From: Bill Hausmann <bhausmann1@-----.net>
Subj: Re: [kl] Shep Fields (formerly "The spelling of the word:"
Date: Tue, 28 Oct 2008 21:43:47 -0400

At 04:33 PM 10/28/2008, you wrote:

> > This analysis plus the glorious one I did on "Shep Fields and His Rippling
> > Rhythm" is without charge. In about a year when my book on the gran
> > Partitta is out, that will cost money. So read it for free here or pay for
> > it in the future, at which point the young people of that era will presume
> > that all of us were a bunch of idiots.
> >
>
>I have to say that the whole "Shep Fields" exchange has resulted in an
>unseemly amount of giggling on my part.

Have any of you ever heard Shep Fields' OTHER band?
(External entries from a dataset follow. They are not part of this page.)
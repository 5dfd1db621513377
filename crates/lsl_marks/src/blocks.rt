//! Routines, blocks and their statements in a copy.

use crate::markers::{After, Moment};
use crate::returns::Held;
use crate::statements::{Form, Statement};
use crate::tokens::{Part, end_at, kind_at, start_at};
use crate::variables::Variable;
use crate::writer::Writer;
use lsl_text::NoMemory;

/// A statement that isn't ended, or a routine. `carried` are the variables that may have changed since the last marker,
/// `locals` how many there were before it, and `after` is the tick that passes where its body ends.
#[derive(Drop)]
pub struct Open {
    pub statement: Option<Statement>,
    pub carried: Vec<Variable>,
    pub locals: usize,
    pub after: After,
    pub held: Option<Held>,
}

impl Writer<'_, '_> {
    pub fn enter(&mut self, number: usize) -> Result<(), NoMemory> {
        let Some(routine) = self.source.outline.routines.get(number).copied() else {
            return Ok(());
        };
        self.routine = number;
        self.scope.clear();
        for at in routine.parameters.from..routine.parameters.to {
            if let Some(kind) = kind_at(self.source.tokens, at) {
                self.scope.declare(at.saturating_add(1), kind)?;
            }
        }
        let mut told = self.scope.locals.clone()?;
        if routine.state.is_some() {
            self.scope.push_globals(&mut told)?;
        }
        self.copy_to(end_at(self.source.tokens, routine.body))?;
        self.note(Moment::Enter, routine.name, told.as_slice())?;
        self.open(None, Vec::new(self.alloc), After::Nothing)
    }

    pub fn leave(&mut self, at: usize) -> Result<(), NoMemory> {
        self.copy_to(start_at(self.source.tokens, at))?;
        let after = self.close_block(at)?;
        self.note(Moment::Leave, at, after.as_slice())
    }

    pub fn open(
        &mut self,
        statement: Option<Statement>,
        carried: Vec<Variable>,
        after: After,
    ) -> Result<(), NoMemory> {
        self.open.push(Open {
            statement,
            carried,
            locals: self.scope.locals.len(),
            after,
            held: None,
        })?;
        Ok(())
    }

    /// The statement that isn't ended, the innermost.
    fn around(&self) -> Option<Statement> {
        self.open.last()?.statement
    }

    /// Closes a block before its last brace. Returns the variables that its last statement may have changed; its own
    /// are reported here.
    fn close_block(&mut self, brace: usize) -> Result<Vec<Variable>, NoMemory> {
        let Some(block) = self.open.pop() else {
            return Ok(Vec::new(self.alloc));
        };
        let own = Part {
            from: block.locals,
            to: self.scope.locals.len(),
        };
        let is_own = |it: &Variable| own
            .of(self.scope.locals.as_slice())
            .iter()
            .any(|own| own.slot == it.slot);
        let loses = block.carried.iter().any(is_own);
        if loses {
            self.note(Moment::Note, brace, block.carried.as_slice())?;
        }
        self.scope.locals.truncate(block.locals);
        if loses {
            return Ok(Vec::new(self.alloc));
        }
        self.seen(block.carried)
    }

    /// Those of these variables that their names refer to here.
    pub fn seen(&self, variables: Vec<Variable>) -> Result<Vec<Variable>, NoMemory> {
        let mut seen = Vec::new(self.alloc);
        for variable in &variables {
            if self.scope.sees(variable) {
                seen.push(*variable)?;
            }
        }
        Ok(seen)
    }

    pub fn begin(&mut self, statement: &Statement) -> Result<(), NoMemory> {
        if statement.is_body {
            self.begin_body(statement)?;
        } else {
            self.begin_in_block(statement)?;
        }
        match statement.form {
            Form::Declare => self.declare(statement),
            Form::Return => self.begin_return(statement),
            Form::For => self.lists(statement),
            Form::Block | Form::Jump | Form::Label => self.open(
                Some(*statement),
                Vec::new(self.alloc),
                After::Nothing,
            ),
            form => {
                let carried = self.scope.changed(self.alloc, statement.values)?;
                let after = match form {
                    Form::While => After::Tick,
                    _ => After::Nothing,
                };
                self.open(Some(*statement), carried, after)
            }
        }
    }

    pub fn end(&mut self, statement: &Statement) -> Result<(), NoMemory> {
        let last = statement.end.saturating_sub(1);
        let after = if statement.form == Form::Block {
            self.copy_to(start_at(self.source.tokens, last))?;
            self.close_block(last)?
        } else {
            self.end_plain(statement)?
        };
        if statement.is_body {
            return self.end_body(statement, after.as_slice());
        }
        if let Some(block) = self.open.last_mut() {
            block.carried = after;
        }
        Ok(())
    }

    /// Ends a statement that isn't a block. Returns the variables that it may have changed.
    fn end_plain(&mut self, statement: &Statement) -> Result<Vec<Variable>, NoMemory> {
        let Some(open) = self.open.pop() else {
            return Ok(Vec::new(self.alloc));
        };
        if let Some(held) = &open.held {
            self.end_return(statement, held)?;
        }
        Ok(open.carried)
    }

    /// What the statement before may have changed, in the block around.
    fn take_carried(&mut self) -> Vec<Variable> {
        match self.open.last_mut() {
            Some(open) => std::mem::replace(&mut open.carried, Vec::new(self.alloc)),
            None => Vec::new(self.alloc),
        }
    }

    /// The marker before a statement of a block; before a label only if something is reported.
    fn begin_in_block(&mut self, statement: &Statement) -> Result<(), NoMemory> {
        let carried = self.take_carried();
        self.copy_to(start_at(self.source.tokens, statement.first))?;
        if statement.form != Form::Label {
            return self.before(statement, carried.as_slice());
        }
        if carried.is_empty() {
            return Ok(());
        }
        self.note(Moment::Note, statement.first, carried.as_slice())
    }
}
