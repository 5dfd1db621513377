//! Tokens by their places. A place past the last token has none.

use lsl_lex::{Sort, Token};
use lsl_value::Kind;

/// Tokens, or bytes, from one place up to another.
#[derive(Clone, Copy, Debug)]
pub struct Part {
    pub from: usize,
    pub to: usize,
}

impl Part {
    pub fn is_empty(&self) -> bool {
        self.to <= self.from
    }

    /// What lies there of a list; a part past the list's end is empty.
    pub fn of<'a, T>(&self, list: &'a [T]) -> &'a [T] {
        let to = self.to.min(list.len());
        &list[self.from.min(to)..to]
    }
}

/// The sort of the token at a place.
pub fn sort_at(tokens: &[Token], at: usize) -> Option<&Sort> {
    match tokens.get(at) {
        Some(token) => Some(&token.sort),
        None => None,
    }
}

/// The bytes of the name at a place; none where no name is there.
pub fn name_at(tokens: &[Token], at: usize) -> &[u8] {
    match sort_at(tokens, at) {
        Some(Sort::Name(text)) => text.bytes(),
        Some(Sort::DefaultWord) => b"default",
        _ => b"",
    }
}

/// The line of the token at a place.
pub fn line_at(tokens: &[Token], at: usize) -> u32 {
    tokens.get(at).map_or(0, |token| token.span.line)
}

/// The byte where the token at a place begins; none is after the last.
pub fn start_at(tokens: &[Token], at: usize) -> usize {
    tokens.get(at).map_or(0, |token| token.span.start as usize)
}

/// The byte after the token at a place.
pub fn end_at(tokens: &[Token], at: usize) -> usize {
    tokens.get(at).map_or(0, |token| token.span.end as usize)
}

/// The kind of variable that the word at a place declares.
pub fn kind_at(tokens: &[Token], at: usize) -> Option<Kind> {
    match sort_at(tokens, at)? {
        Sort::IntegerWord => Some(Kind::Int),
        Sort::StringWord => Some(Kind::Str),
        Sort::KeyWord => Some(Kind::Key),
        Sort::ListWord => Some(Kind::List),
        _ => None,
    }
}

/// The place of the first semicolon from a place on.
pub fn semicolon_from(tokens: &[Token], from: usize) -> usize {
    for at in from..tokens.len() {
        if matches!(sort_at(tokens, at), Some(Sort::Semicolon)) {
            return at;
        }
    }
    tokens.len()
}

/// The place of the parenthesis that closes the one at a place.
pub fn close_of(tokens: &[Token], open: usize) -> usize {
    let mut depth: usize = 0;
    for at in open..tokens.len() {
        depth = depth_after(depth, sort_at(tokens, at));
        if depth == 0 {
            return at;
        }
    }
    tokens.len()
}

/// How many parentheses and brackets are open after a token.
pub fn depth_after(depth: usize, sort: Option<&Sort>) -> usize {
    match sort {
        Some(Sort::ParenOpen | Sort::BracketOpen) => depth.saturating_add(1),
        Some(Sort::ParenClose | Sort::BracketClose) => depth.saturating_sub(1),
        _ => depth,
    }
}
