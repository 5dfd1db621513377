//! The lines of a journal.

use crate::tokens::Part;

/// The first word of a line.
#[derive(Clone, Copy, Debug, PartialEq, Eq)]
pub enum Word {
    Took,
    Drop,
    Owner,
    Done,
    Fault,
    Home,
    Other,
}

impl Word {
    pub fn of(word: &[u8]) -> Word {
        match word {
            b"took" => Word::Took,
            b"drop" => Word::Drop,
            b"owner" => Word::Owner,
            b"done" => Word::Done,
            b"fault" => Word::Fault,
            b"home" => Word::Home,
            _ => Word::Other,
        }
    }
}

/// A line of a journal: its first word, the number after it, and what follows.
#[derive(Clone, Copy)]
pub struct Line<'a> {
    pub whole: &'a [u8],
    pub word: Word,
    pub number: usize,
    pub rest: &'a [u8],
}

impl<'a> Line<'a> {
    pub fn of(whole: &'a [u8]) -> Line<'a> {
        let (word, after) = cut(whole);
        let (number, rest) = cut(after);
        Line {
            whole,
            word: Word::of(word),
            number: number_of(number).unwrap_or(0),
            rest,
        }
    }
}

/// What is before the first space, and after it.
fn cut(text: &[u8]) -> (&[u8], &[u8]) {
    let place = text.iter().position(|b| *b == b' ').unwrap_or(text.len());
    let after = Part {
        from: place.saturating_add(1),
        to: text.len(),
    };
    (Part { from: 0, to: place }.of(text), after.of(text))
}

/// What a line says to an owner, after its quote; nothing where it says nothing to one.
pub fn told_by_owner(line: &[u8]) -> &[u8] {
    let line = Line::of(line);
    match line.rest {
        [b'"', told @ ..] if line.word == Word::Owner => told,
        _ => b"",
    }
}

pub fn number_of(digits: &[u8]) -> Option<usize> {
    match std::str::from_utf8(digits) {
        Ok(text) => text.parse::<usize>().ok(),
        Err(_) => None,
    }
}
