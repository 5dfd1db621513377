//! What a copy reports before a statement.

use crate::blocks::Open;
use crate::markers::{After, Moment};
use crate::statements::{Form, Statement};
use crate::tokens::{Part, kind_at, name_at, sort_at};
use crate::variables::{Variable, add, is_call, sleeps_in};
use crate::writer::{Place, Sign, Writer};
use lsl_lex::Sort;
use lsl_text::NoMemory;

impl Writer<'_, '_> {
    /// The marker before a statement.
    pub fn before(&mut self, statement: &Statement, carried: &[Variable]) -> Result<(), NoMemory> {
        let place = Place {
            moment: Moment::Statement,
            first: statement.first,
            last: self.last_told(statement),
            after: self.after_beginning(statement),
        };
        let calls = match statement.form {
            Form::Return => Some(self.calls_in(statement.values)?),
            _ => None,
        };
        self.mark(place, carried, calls, Sign::Semicolon)
    }

    /// The last token of a statement before its bodies.
    fn last_told(&self, statement: &Statement) -> usize {
        match statement.form {
            Form::If | Form::While | Form::For => statement.values.to,
            Form::Block => self.last_of_opening(statement.first),
            _ => statement.end.saturating_sub(1),
        }
    }

    /// The brace that opens a block, or that ends it where it is empty.
    fn last_of_opening(&self, first: usize) -> usize {
        let next = first.saturating_add(1);
        match sort_at(self.source.tokens, next) {
            Some(Sort::BraceClose) => next,
            _ => first,
        }
    }

    fn after_beginning(&self, statement: &Statement) -> After {
        match statement.form {
            Form::Jump => After::Tick,
            Form::Value => self.before_sleeps(statement.values),
            Form::For => self.before_sleeps(self.lists_of(statement.values).starts),
            _ => After::Nothing,
        }
    }

    /// The tick after a marker that these values follow.
    pub fn before_sleeps(&self, values: Part) -> After {
        if sleeps_in(self.source.tokens, values) {
            After::Sleep
        } else {
            After::Nothing
        }
    }

    /// The functions that are called among these tokens.
    fn calls_in(&self, values: Part) -> Result<Vec<usize>, NoMemory> {
        let mut calls = Vec::new(self.alloc);
        for at in values.from..values.to {
            if is_call(self.source.tokens, at)
                && let Some(number) = self.function(name_at(self.source.tokens, at))
            {
                calls.push(number)?;
            }
        }
        Ok(calls)
    }

    fn function(&self, name: &[u8]) -> Option<usize> {
        let tokens = self.source.tokens;
        self.source.outline.routines.iter().position(|it| it.state.is_none()
            && name_at(tokens, it.name) == name)
    }

    pub fn declare(&mut self, statement: &Statement) -> Result<(), NoMemory> {
        let mut carried = self.scope.changed(self.alloc, statement.values)?;
        if let Some(kind) = kind_at(self.source.tokens, statement.first) {
            let variable = self.scope.declare(statement.first.saturating_add(1), kind)?;
            add(&mut carried, variable)?;
        }
        let carried = self.seen(carried)?;
        self.open.push(Open {
            statement: Some(*statement),
            carried,
            locals: self.scope.locals.len(),
            after: After::Nothing,
            held: None,
        })?;
        Ok(())
    }
}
His "Rippling
Rhythm" band really was the stuff of jokes, but for a time in the
40's, he ditched that sound and created an entirely different band,
Shep Fields and his New Music. It consisted of ALL woodwind players
plus rhythm (no brass) doubling on a total of 35 instruments from
piccolo to bass sax, even an alto flute, and TEN clarinets (plus 3
bass clarinets). They made some really nice sounds, but of course,
during the war, it was very difficult to find doubling musicians who
could play the challenging book (and yes, he did employ Sid Ceasar
for a while). Besides, no accounting for taste, folks kept clammering
for his old rippling rhythm sound, so he gave up his musical group in
1947 and made a good living playing rickey-tick instead. According
to George P. Simon, long time Metronome magazine writer and editor,
and author of "The Big Bands":

"For Fields, who died in February, 1981, of a heart attack, his
fondest memories centered about that multi-reed band. With great
pride he noted that famed musical arranger and educator Joseph
Schillinger once described it as 'one of the most colorful bands ever
assembled. And for a guy who had sold corn almost all of his life,
that was certainly my biggest thrill!'"

(See? Fields was in on the joke. He KNEW it was corn, but it was
LUCRATIVE corn, sort of like Kenny G.)

Bill Hausmann

If you have to mic a saxophone, the rest of the band is TOO LOUD!